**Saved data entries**
Content starts
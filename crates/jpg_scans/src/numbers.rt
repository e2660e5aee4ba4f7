//! The numbers of a script's text, byte by byte (the manual's wizard.txt).
ghost use Rattle.std.specs.Prelude.{◌≡◌, ◌<◌, ◌≤◌, length, true, false};
ghost use Rattle.jpg_spec_write.specs.ScriptGrammar.{is_joint};
ghost use Rattle.jpg_spec.specs.TextReaders.{taken};
ghost use Rattle.jpg_scans.specs.TextState.{digit_by, ended, first_digit, further_digit, joint_by, no_numbers, number_step, is_before, is_after};
ghost use Rattle.jpg_scans.specs.declared.standing.Standing.TheVariants.{InNumber};

use crate::standing::Standing;
use arrayvec::ArrayVec;
use jpg_texts::{is_digit, is_space};
use std::marker::Model;

// Up to four complete numbers, and the position among them.
#[derive(Drop)]
pub struct Numbers {
    whole: ArrayVec<u8, 4>,
    standing: Standing,
}

impl Model for Numbers {
    ghost use Rattle.jpg_scans.specs.TextState.{NumbersState as State, HasRoom};

    ghost Value = { State };

    ghost view = { λ n. record { numbers = n.whole.items; standing = n.standing } };

    ghost invariant = { λ n. HasRoom n.whole.items n.standing };
}

impl Numbers {
    pub fn new() -> Numbers
        ensures { result ≡ no_numbers }
    {
        Numbers {
            whole: ArrayVec::new(),
            standing: Standing::Before,
        }
    }

    pub fn is_before(&self) -> bool
        ensures { result ≡ is_before self.now.standing }
    {
        match self.standing {
            Standing::Before => true,
            _ => false,
        }
    }

    pub fn is_after(&self) -> bool
        ensures { result ≡ is_after self.now.standing }
    {
        match self.standing {
            Standing::Behind => true,
            _ => false,
        }
    }

    // The complete numbers.
    pub fn copy(&self) -> ArrayVec<u8, 4>
        ensures { result.items ≡ self.now.numbers }
    {
        let mut numbers = ArrayVec::new();
        let _ = numbers.try_extend_from_slice(self.whole.as_slice());
        numbers
    }

    // Takes a byte. Returns whether it may occur there.
    pub fn byte(&mut self, byte: u8) -> bool
        ensures { taken result self.new ≡ number_step self.old byte }
    {
        if is_digit(byte) {
            return self.digit(byte - b'0');
        }
        self.end();
        if is_space(byte) {
            return true;
        }
        is_joint(byte) && self.join()
    }

    // Completes the current number, if any.
    pub fn end(&mut self)
        ensures { self.new ≡ ended self.old }
    {
        if let Standing::InNumber { value, .. } = self.standing {
            self.standing = Standing::Behind;
            self.whole.push(value);
        }
    }

    fn digit(&mut self, digit: u8) -> bool
        requires { digit < 10 }
        ensures { taken result self.new ≡ digit_by self.old.numbers self.old.standing digit }
    {
        match self.standing {
            Standing::InNumber { digits, value } => self.further_digit(digits, value, digit),
            _ => self.first_digit(digit),
        }
    }

    fn first_digit(&mut self, digit: u8) -> bool
        requires { digit < 10 }
        ensures { taken result self.new ≡ first_digit self.old.numbers digit }
    {
        if self.whole.len() >= 4 {
            return false;
        }
        self.standing = Standing::InNumber {
            digits: 1,
            value: digit,
        };
        true
    }

    fn further_digit(&mut self, digits: u8, value: u8, digit: u8) -> bool
        requires standing { self.old.standing ≡ InNumber digits value }
        requires digit { digit < 10 }
        ensures { taken result self.new ≡ further_digit self.old.numbers digits value digit }
    {
        let next = 10 * u16::from(value) + u16::from(digit);
        if digits >= 3 || next > 255 {
            return false;
        }
        self.standing = Standing::InNumber {
            digits: digits + 1,
            value: next as u8,
        };
        true
    }

    // Takes a comma or hyphen.
    fn join(&mut self) -> bool
        ensures { taken result self.new ≡ joint_by self.old.numbers self.old.standing }
    {
        match self.standing {
            Standing::Behind | Standing::Joined => {
                if self.whole.len() >= 4 {
                    return false;
                }
                self.standing = Standing::Joined;
                true
            }
            _ => false,
        }
    }
}

fn is_joint(byte: u8) -> bool
    ensures { result ≡ is_joint byte }
{
    byte == b',' || byte == b'-'
}
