//! The scans of a file: scripts of scans that are written, and the history of scans that were read (T.81, B.2.3,
//! G.1.1.1).
#![tactic(auto)]

mod check;
mod entry;
mod entry_text;
mod laws;
mod numbers;
mod own;
mod progress;
mod restart;
mod script;
mod sent;
mod standing;
mod text_reader;

pub use entry::Entry;
pub use laws::{order_is_judged_first, texts_tell_one_script, wrong_texts_have_a_place};
pub use progress::Progress;
pub use restart::Restart;
pub use script::Script;
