//! Restart markers of the scans of a file (T.81, B.2.4.4).

/// Where restart markers are in the scans of a file: nowhere; after every given number of rows of MCUs, at most 65,535
/// MCUs; or after every given number of MCUs, 0 for nowhere.
#[derive(Clone, Copy, Debug, PartialEq, Eq)]
pub enum Restart {
    Off,
    Rows(u16),
    Mcus(u16),
}
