//! A segment that is complete at the front of some bytes (T.81, B.1.1.4).
ghost use Rattle.std.specs.Prelude.{◌≡◌, ◌≤◌, ℕ, List, length, replicate, take, IfSome, IfNone};
ghost use Rattle.jpg_spec.specs.Markers.{SpellsSegment};
ghost use Rattle.jpg_markers.specs.Reading.{filled, HasNoSegment, IsSized};

use byteorder::{BigEndian, ByteOrder};

/// A segment at the front of some bytes: its marker's code, its contents, and how many bytes it takes, fill bytes and
/// its marker among them.
#[derive(Drop)]
pub struct WholeSegment<'a> {
    pub code: u8,
    pub contents: &'a [u8],
    pub length: usize,
}

// How many bytes FF there are at the front in groups of eight.
fn filled_groups(bytes: &[u8]) -> usize
    ensures within { result ≤ length bytes.now }
    ensures filled { take result bytes.now ≡ replicate result 255 }
{
    let mut rest = bytes;
    let mut n = 0;
    while let Some((group, tail)) = rest.split_first_chunk::<8>() {
        if *group != [0xff; 8] {
            break;
        }
        rest = tail;
        n += 8;
    }
    n
}

/// How many of these bytes, from the first on, are fill bytes FF.
pub fn fill_length(bytes: &[u8]) -> usize
    ensures filled { result ≡ filled bytes.now }
    ensures all { take result bytes.now ≡ replicate result 255 }
    ensures within { result ≤ length bytes.now }
{
    let mut n = filled_groups(bytes);
    while n < bytes.len() && bytes[n] == 0xff {
        n += 1;
    }
    n
}

// The code and the contents of a segment after the FF of its marker, if it is complete; the code is any byte.
#[tactic(auto, using(crate::proofs::Continuing::is_sized))]
fn sized_at(bytes: &[u8]) -> Option<(u8, &[u8])>
    ensures sized { IfSome result (λ s. IsSized s.0 s.1.now bytes.now) }
    ensures none { IfNone result ((code : ℕ) (contents : List ℕ) → IsSized code contents bytes.now → ⊥) }
{
    let [code, high, low, rest @ ..] = bytes else {
        return None;
    };
    let size = BigEndian::read_u16(&[*high, *low]) as usize;
    if size < 2 || rest.len() < size - 2 {
        return None;
    }
    Some((*code, &rest[..size - 2]))
}

/// The segment at the front of these bytes, perhaps after fill bytes, if it is complete.
pub fn segment_at(bytes: &[u8]) -> Option<WholeSegment<'_>>
    ensures spelled { IfSome result (λ s. SpellsSegment s.code s.contents.now (take s.length bytes.now)) }
    ensures within { IfSome result (λ s. (1 ≤ s.length) × (s.length ≤ length bytes.now)) }
    ensures none { IfNone result (HasNoSegment bytes.now) }
{
    let fill = fill_length(bytes);
    let Some((code, contents)) = sized_at(&bytes[fill..]) else {
        return None;
    };
    if fill == 0 || code == 0 {
        return None;
    }
    Some(WholeSegment {
        code,
        contents,
        length: fill + 3 + contents.len(),
    })
}
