//! Marker segments: their contents parsed, and how they are written (T.81, B.2, JFIF 1.02).
#![tactic(auto)]

mod app;
mod colour;
mod frame;
mod huffmans;
mod interval;
mod kept;
mod quants;
mod scan;
mod seen;
mod segments;
mod whole;
mod writing;

pub use app::{App, read_app};
pub use colour::guess;
pub use frame::read_sof;
pub use huffmans::read_dht;
pub use interval::read_dri;
pub use jpg_base::{
    Bytes, Colour, Desk, Fault, FaultAt, Frame, Limits, NoMemory, Process, QuantTable, ScanHead,
    Stop, WriteFault,
};
pub use jpg_huff::{BitOut, DefinitionSet, TableSet};
pub use jpg_spec::{Copying, Jfif};
pub use kept::{Kept, KeptList, KeptRest};
pub use quants::{QuantSet, read_dqt};
pub use scan::{accepted_heads_are_of_their_frames, read_sos};
pub use seen::{is_header, is_kept};
pub use segments::{SegStep, SegmentReader};
pub use whole::{WholeSegment, fill_length, segment_at};
pub use writing::{OutHead, file_head, is_wide, write_segment};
Content ends
**Task prompt**
All that is needed is the exact run of lines above from the line containing "while let Some((group, tail))" through the line containing "fn sized_at(bytes: &[u8])", both of them included.

**The answer**
    while let Some((group, tail)) = rest.split_first_chunk::<8>() {
        if *group != [0xff; 8] {
            break;
        }
        rest = tail;
        n += 8;
    }
    n
}

/// How many of these bytes, from the first on, are fill bytes FF.
pub fn fill_length(bytes: &[u8]) -> usize
    ensures filled { result ≡ filled bytes.now }
    ensures all { take result bytes.now ≡ replicate result 255 }
    ensures within { result ≤ length bytes.now }
{
    let mut n = filled_groups(bytes);
    while n < bytes.len() && bytes[n] == 0xff {
        n += 1;
    }
    n
}

// The code and the contents of a segment after the FF of its marker, if it is complete; the code is any byte.
#[tactic(auto, using(crate::proofs::Continuing::is_sized))]
fn sized_at(bytes: &[u8]) -> Option<(u8, &[u8])>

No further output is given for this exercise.